● WHAT THE TASK ASKS: Set out exactly, line by line, the stretch of data below that begins at the line containing "const TESTS_OF_CONFLICT: u32 = 8;" and ends at the line containing "pub enum Searched", with both ends kept.

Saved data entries
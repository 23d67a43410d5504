//! The results of searches: from a given size on without a certificate, and of all sizes with one.
ghost use Rattle.std.specs.Prelude.{◌≡◌, ◌+◌, ◌≤◌, true, false, length, IfOk};
ghost use Rattle.chain_theory.specs.Operator.{Basis};
ghost use Rattle.chain_theory.specs.Specification.{Specification};
ghost use Rattle.chain_theory.specs.Agreement.{NoneBelow};
ghost use Rattle.cert_theory.specs.Meaning.{Means};
ghost use Rattle.decide_core.specs.Decided.{Fewer, IsSearched, IsSized, IsShorter, IsOpenVerdict};

use crate::question::Question;
use cert_theory::{Certificate, Header, Verdict};
use chain_core::Chain;
use progress::Silent;
use sat_solve::Solver;
use size_loop::{SizeOutcome, search, search_size};
use std::alloc::{AllocError, Global};
use step_core::refutes;

/// The greatest size that is refuted by enumeration; greater ones are left to the solver.
const MOST_REFUTED: u32 = 7;

/// The tests of an enumeration for each conflict that a formula may have.
const TESTS_OF_CONFLICT: u32 = 8;

/// Whether some chain of at most `max` steps of the header implements its tables.
#[derive(Drop)]
pub enum Decided {
    /// This chain does.
    Shorter(Chain),
    /// No chain does.
    Least,
    /// Undecided: the certificate of a search that has spent its budget.
    Open(Certificate),
}

/// The result of a search with a certificate.
#[derive(Drop)]
pub enum Searched {
    /// This chain implements the tables, and no chain of fewer than `fewest` steps does.
    Found { chain: Chain, fewest: u32 },
    /// No chain of at most `max` steps of the header does.
    Nothing,
    /// Undecided, with the certificate.
    Open(Certificate),
}

/// The result of a search without a certificate.
#[derive(Drop)]
pub enum SizeResult {
    /// This chain implements the tables, and no chain of fewer than `low` steps does.
    Found { chain: Chain, low: u32 },
    /// No chain of at most `max` steps of the header does.
    Nothing,
    /// Undecided; no chain of fewer than `low` steps does.
    Open { low: u32 },
}

/// Whether a verdict leaves a size open.
fn is_open(verdict: Verdict) -> bool
    ensures yes { result ≡ true → IsOpenVerdict verdict }
    ensures not { result ≡ false → IsOpenVerdict verdict → ⊥ }
{
    match verdict {
        Verdict::Open { low: _ } => true,
        Verdict::Minimum(_) => false,
        Verdict::NoChain(_) => false,
        Verdict::Bounded { low: _, r: _ } => false,
    }
}

/// The lower bound that a verdict proves: no chain of fewer steps implements the specification.
#[tactic(auto, using(crate::specs::DecidedLaws::deciding))]
fn fewest_of(verdict: Verdict) -> u32
    ensures { (s : Specification) (basis : Basis) → Means s basis verdict → NoneBelow s basis result }
{
    match verdict {
        Verdict::Open { low } => low,
        Verdict::Minimum(r) => r,
        Verdict::NoChain(most) => most,
        Verdict::Bounded { low, r: _ } => low,
    }
}

/// Searches all sizes, with a certificate.
#[tactic(auto, using(crate::specs::DecidedLaws::deciding))]
pub(crate) fn search_whole<S: Solver>(
    alloc: Global,
    question: Question,
) -> Result<Searched, AllocError>
    ensures { IfOk result (λ searched. IsSearched question.entry.header.now searched) }
{
    let header = question.header;
    let certificate = search::<S, Silent>(
        alloc,
        &header.spec,
        header.basis,
        header.method,
        header.max,
        header.conflicts,
        0,
        &Silent,
    )?;
    if is_open(certificate.verdict) {
        return Ok(Searched::Open(certificate));
    }
    let fewest = fewest_of(certificate.verdict);
    let Certificate {
        header: _,
        sections: _,
        chain,
        verdict: _,
    } = certificate;
    match chain {
        Some(chain) => Ok(Searched::Found { chain, fewest }),
        None => Ok(Searched::Nothing),
    }
}

/// Whether a size is refuted by enumeration, within a number of tests in proportion to the budget. False says nothing.
fn is_refuted(alloc: Global, header: &Header, size: u32) -> Result<bool, AllocError>
    ensures { IfOk result (λ refuted. refuted ≡ true → Fewer header.now size → Fewer header.now (size + 1)) }
{
    if size > MOST_REFUTED {
        return Ok(false);
    }
    let work = header.conflicts.saturating_mul(TESTS_OF_CONFLICT);
    let refuted = refutes(alloc, &header.spec, header.basis, size, work)?;
    Ok(refuted)
}

/// Searches the sizes from `from` on, where no chain of fewer steps implements the tables.
#[tactic(auto, using(crate::specs::DecidedLaws::deciding))]
pub(crate) fn search_from<S: Solver>(
    alloc: Global,
    question: Question,
    from: u32,
) -> Result<SizeResult, AllocError>
    requires fewer { Fewer question.header.now from }
    requires from { from ≤ question.header.now.max }
    ensures { IfOk result (λ sized. IsSized question.entry.header.now sized) }
{
    for size in from..question.header.max + 1 {
        if is_refuted(alloc, question.header, size)? {
            continue;
        }
        match search_size::<S>(alloc, question.header, size)? {
            SizeOutcome::Found(chain) => return Ok(SizeResult::Found { chain, low: size }),
            SizeOutcome::Logged(section) => {
                if section.is_open() {
                    return Ok(SizeResult::Open { low: size });
                }
            }
        }
    }
    Ok(SizeResult::Nothing)
}

/// The chain without steps and outputs, for tables without outputs.
#[tactic(auto, using(crate::specs::DecidedLaws::deciding))]
pub(crate) fn no_steps(alloc: Global, header: &Header) -> Chain
    requires output { length header.now.spec.on ≡ 0 }
    ensures { IsShorter header.now result }
{
    Chain::new(header.spec.n(), Vec::new(alloc), Vec::new(alloc))
}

● EXERCISE ANSWER:
const TESTS_OF_CONFLICT: u32 = 8;

/// Whether some chain of at most `max` steps of the header implements its tables.
#[derive(Drop)]
pub enum Decided {
    /// This chain does.
    Shorter(Chain),
    /// No chain does.
    Least,
    /// Undecided: the certificate of a search that has spent its budget.
    Open(Certificate),
}

/// The result of a search with a certificate.
#[derive(Drop)]
pub enum Searched {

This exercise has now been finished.